Segment Open

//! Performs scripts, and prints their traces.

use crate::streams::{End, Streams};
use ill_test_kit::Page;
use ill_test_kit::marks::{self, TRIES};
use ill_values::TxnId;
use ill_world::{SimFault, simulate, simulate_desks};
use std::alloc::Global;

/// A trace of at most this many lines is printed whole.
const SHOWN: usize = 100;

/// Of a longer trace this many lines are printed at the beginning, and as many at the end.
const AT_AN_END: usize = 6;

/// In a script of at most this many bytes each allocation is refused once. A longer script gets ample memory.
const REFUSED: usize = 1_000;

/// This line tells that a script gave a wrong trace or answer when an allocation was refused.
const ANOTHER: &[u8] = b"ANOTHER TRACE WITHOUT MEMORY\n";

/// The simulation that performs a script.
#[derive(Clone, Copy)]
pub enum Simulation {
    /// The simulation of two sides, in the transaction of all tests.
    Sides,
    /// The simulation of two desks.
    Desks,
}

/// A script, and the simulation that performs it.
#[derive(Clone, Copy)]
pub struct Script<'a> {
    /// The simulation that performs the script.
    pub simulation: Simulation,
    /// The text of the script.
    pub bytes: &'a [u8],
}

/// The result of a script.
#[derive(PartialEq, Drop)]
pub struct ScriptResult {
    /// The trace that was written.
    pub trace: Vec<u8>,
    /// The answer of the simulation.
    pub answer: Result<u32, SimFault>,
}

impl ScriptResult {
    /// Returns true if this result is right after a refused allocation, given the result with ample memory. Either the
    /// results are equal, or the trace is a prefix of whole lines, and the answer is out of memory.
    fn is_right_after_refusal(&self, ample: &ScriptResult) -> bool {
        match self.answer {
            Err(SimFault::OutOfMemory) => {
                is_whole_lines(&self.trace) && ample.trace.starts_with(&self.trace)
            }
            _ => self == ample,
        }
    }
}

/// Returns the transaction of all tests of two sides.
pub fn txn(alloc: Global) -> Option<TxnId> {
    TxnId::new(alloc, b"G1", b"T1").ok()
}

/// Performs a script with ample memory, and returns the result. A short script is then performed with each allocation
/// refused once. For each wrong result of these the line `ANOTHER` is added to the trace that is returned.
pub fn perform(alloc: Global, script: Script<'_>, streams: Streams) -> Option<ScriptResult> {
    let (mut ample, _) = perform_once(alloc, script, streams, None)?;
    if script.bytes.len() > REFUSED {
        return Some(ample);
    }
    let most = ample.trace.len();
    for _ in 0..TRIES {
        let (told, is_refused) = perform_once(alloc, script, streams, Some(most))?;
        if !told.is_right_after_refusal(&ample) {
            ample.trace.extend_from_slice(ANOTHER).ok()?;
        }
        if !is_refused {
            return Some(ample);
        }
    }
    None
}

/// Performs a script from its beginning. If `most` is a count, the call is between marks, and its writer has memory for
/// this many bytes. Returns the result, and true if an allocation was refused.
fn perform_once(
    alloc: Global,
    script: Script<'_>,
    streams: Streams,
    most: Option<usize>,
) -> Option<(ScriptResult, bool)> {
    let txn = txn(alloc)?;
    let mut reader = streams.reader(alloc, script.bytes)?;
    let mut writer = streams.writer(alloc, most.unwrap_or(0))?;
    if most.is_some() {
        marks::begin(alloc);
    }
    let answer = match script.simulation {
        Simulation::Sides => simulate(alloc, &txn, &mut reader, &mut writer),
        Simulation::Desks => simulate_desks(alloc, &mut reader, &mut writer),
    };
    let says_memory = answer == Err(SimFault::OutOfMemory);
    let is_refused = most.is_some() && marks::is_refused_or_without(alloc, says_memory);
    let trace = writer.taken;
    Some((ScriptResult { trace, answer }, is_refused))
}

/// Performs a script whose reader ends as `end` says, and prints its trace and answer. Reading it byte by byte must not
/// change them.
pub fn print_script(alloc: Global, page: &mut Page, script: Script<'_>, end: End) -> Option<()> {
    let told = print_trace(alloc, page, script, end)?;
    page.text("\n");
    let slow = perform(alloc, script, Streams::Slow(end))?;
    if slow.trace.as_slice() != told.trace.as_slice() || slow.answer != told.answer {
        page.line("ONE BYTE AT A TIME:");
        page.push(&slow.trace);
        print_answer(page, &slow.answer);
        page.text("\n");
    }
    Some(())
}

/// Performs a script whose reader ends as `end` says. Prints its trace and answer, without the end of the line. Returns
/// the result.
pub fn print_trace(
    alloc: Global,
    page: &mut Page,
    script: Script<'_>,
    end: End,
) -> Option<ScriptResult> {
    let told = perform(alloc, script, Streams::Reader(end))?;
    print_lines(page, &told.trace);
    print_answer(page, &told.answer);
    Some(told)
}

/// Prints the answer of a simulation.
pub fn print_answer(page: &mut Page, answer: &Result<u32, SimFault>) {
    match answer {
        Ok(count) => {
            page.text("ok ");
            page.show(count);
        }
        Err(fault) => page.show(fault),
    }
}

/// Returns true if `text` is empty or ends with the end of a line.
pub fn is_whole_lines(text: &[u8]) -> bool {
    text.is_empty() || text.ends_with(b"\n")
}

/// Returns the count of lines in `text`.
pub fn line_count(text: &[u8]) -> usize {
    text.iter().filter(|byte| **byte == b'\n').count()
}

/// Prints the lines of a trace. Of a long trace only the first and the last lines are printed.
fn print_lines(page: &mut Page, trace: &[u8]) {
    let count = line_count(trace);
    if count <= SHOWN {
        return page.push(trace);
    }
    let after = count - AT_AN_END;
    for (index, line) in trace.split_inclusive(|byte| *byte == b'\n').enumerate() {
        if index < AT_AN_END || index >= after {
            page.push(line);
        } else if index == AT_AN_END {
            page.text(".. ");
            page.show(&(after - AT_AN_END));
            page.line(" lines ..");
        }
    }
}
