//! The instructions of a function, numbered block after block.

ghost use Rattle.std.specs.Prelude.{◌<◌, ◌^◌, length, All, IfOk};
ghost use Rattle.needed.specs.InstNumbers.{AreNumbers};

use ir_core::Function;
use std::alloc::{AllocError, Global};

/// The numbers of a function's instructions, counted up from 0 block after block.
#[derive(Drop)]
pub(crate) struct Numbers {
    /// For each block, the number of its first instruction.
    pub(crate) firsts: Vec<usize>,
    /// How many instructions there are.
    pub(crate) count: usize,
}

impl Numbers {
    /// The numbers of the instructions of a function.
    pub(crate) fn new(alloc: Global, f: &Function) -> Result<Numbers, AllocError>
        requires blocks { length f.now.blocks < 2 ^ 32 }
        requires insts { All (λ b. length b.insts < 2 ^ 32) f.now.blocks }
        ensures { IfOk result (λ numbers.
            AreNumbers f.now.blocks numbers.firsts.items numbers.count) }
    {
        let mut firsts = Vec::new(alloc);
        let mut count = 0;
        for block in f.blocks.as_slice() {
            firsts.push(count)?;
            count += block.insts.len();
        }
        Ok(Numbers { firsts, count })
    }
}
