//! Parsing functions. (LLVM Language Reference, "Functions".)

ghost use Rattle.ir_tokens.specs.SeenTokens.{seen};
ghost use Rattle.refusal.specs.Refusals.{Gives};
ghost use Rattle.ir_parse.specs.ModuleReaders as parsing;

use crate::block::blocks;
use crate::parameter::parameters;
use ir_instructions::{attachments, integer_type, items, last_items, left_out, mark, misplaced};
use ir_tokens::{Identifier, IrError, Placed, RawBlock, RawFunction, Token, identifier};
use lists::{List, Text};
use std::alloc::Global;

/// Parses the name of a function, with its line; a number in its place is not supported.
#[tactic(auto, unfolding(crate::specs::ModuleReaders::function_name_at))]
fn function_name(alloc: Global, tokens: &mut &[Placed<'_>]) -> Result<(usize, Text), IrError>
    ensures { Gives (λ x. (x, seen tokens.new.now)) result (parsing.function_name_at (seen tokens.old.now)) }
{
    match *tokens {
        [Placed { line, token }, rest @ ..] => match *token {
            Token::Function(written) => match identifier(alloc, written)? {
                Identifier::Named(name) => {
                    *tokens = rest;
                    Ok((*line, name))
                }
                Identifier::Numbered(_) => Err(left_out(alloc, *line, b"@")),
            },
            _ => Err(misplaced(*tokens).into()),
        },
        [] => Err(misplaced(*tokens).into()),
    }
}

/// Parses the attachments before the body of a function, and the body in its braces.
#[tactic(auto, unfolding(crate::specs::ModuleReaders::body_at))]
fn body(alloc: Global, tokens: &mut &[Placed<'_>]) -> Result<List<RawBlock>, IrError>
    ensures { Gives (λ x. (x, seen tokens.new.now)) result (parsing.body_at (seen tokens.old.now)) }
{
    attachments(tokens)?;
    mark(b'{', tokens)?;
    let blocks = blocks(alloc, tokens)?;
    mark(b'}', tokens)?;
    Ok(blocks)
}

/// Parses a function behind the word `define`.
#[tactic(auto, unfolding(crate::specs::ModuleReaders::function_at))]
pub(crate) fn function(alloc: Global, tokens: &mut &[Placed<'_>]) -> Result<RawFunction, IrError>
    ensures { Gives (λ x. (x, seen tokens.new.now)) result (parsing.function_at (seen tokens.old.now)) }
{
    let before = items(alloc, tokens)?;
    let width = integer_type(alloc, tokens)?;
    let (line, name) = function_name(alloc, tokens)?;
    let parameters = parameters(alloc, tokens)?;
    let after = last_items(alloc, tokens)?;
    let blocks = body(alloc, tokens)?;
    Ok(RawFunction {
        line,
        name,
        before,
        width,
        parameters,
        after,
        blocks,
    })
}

Segment Closed
Segment Open

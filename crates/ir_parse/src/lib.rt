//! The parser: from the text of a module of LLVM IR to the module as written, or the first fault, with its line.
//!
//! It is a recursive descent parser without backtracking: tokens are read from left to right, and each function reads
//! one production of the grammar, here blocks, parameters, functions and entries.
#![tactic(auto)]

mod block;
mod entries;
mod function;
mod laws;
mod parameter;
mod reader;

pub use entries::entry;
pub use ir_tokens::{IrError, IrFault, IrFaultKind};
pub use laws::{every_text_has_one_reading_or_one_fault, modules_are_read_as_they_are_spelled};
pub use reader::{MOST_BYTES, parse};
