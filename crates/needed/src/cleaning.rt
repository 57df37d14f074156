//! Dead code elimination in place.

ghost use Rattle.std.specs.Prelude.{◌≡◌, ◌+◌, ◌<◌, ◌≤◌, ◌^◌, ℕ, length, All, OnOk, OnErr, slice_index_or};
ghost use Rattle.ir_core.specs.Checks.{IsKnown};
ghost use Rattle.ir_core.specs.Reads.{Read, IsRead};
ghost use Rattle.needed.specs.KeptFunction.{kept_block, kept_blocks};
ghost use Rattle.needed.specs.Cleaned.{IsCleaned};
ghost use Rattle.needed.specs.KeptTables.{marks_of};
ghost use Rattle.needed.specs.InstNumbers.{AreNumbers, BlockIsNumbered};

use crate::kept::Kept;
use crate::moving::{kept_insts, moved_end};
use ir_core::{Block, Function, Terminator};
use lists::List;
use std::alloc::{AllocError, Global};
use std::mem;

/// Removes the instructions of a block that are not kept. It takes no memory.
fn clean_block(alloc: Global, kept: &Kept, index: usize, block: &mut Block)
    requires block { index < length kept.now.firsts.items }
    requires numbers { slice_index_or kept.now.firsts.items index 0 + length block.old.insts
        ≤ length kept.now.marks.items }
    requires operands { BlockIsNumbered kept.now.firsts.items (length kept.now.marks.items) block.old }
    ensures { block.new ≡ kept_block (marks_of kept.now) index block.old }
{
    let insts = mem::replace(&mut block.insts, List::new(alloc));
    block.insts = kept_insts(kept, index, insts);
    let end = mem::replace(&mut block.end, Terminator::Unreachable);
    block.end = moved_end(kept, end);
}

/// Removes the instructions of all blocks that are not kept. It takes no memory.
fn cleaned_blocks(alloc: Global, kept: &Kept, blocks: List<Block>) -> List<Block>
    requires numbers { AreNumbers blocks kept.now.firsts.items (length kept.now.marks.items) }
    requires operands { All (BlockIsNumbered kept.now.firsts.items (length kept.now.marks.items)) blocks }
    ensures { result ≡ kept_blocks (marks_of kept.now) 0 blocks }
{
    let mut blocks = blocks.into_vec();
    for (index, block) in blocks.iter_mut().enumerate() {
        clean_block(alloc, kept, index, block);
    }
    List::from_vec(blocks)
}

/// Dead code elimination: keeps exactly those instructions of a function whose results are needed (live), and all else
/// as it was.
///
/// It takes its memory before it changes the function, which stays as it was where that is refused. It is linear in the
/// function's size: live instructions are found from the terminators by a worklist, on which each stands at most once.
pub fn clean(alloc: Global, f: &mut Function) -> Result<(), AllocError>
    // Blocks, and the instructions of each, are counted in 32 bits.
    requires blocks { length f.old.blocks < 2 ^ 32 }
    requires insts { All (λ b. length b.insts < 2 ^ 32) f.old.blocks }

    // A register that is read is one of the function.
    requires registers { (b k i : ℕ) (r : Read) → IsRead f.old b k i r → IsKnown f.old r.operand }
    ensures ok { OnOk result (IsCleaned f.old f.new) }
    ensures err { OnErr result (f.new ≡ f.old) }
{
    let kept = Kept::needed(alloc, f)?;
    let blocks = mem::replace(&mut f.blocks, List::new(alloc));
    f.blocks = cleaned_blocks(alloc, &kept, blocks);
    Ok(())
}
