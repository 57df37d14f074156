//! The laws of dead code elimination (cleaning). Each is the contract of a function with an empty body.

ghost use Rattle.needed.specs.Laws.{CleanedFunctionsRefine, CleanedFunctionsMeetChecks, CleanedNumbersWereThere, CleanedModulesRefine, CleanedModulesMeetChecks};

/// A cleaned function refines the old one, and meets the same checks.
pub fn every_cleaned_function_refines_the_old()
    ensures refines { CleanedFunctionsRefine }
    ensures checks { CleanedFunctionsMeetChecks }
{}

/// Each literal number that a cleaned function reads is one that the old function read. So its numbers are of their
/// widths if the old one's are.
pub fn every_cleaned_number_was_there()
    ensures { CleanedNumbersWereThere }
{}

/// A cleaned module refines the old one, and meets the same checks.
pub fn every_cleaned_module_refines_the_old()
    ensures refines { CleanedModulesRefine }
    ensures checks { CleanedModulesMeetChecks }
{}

Segment Closed

*Directions*:
Select every line of the material above holding the word "else" and copy it.

*Answer*:
        } else if index == AT_AN_END {
/// Dead code elimination: keeps exactly those instructions of a function whose results are needed (live), and all else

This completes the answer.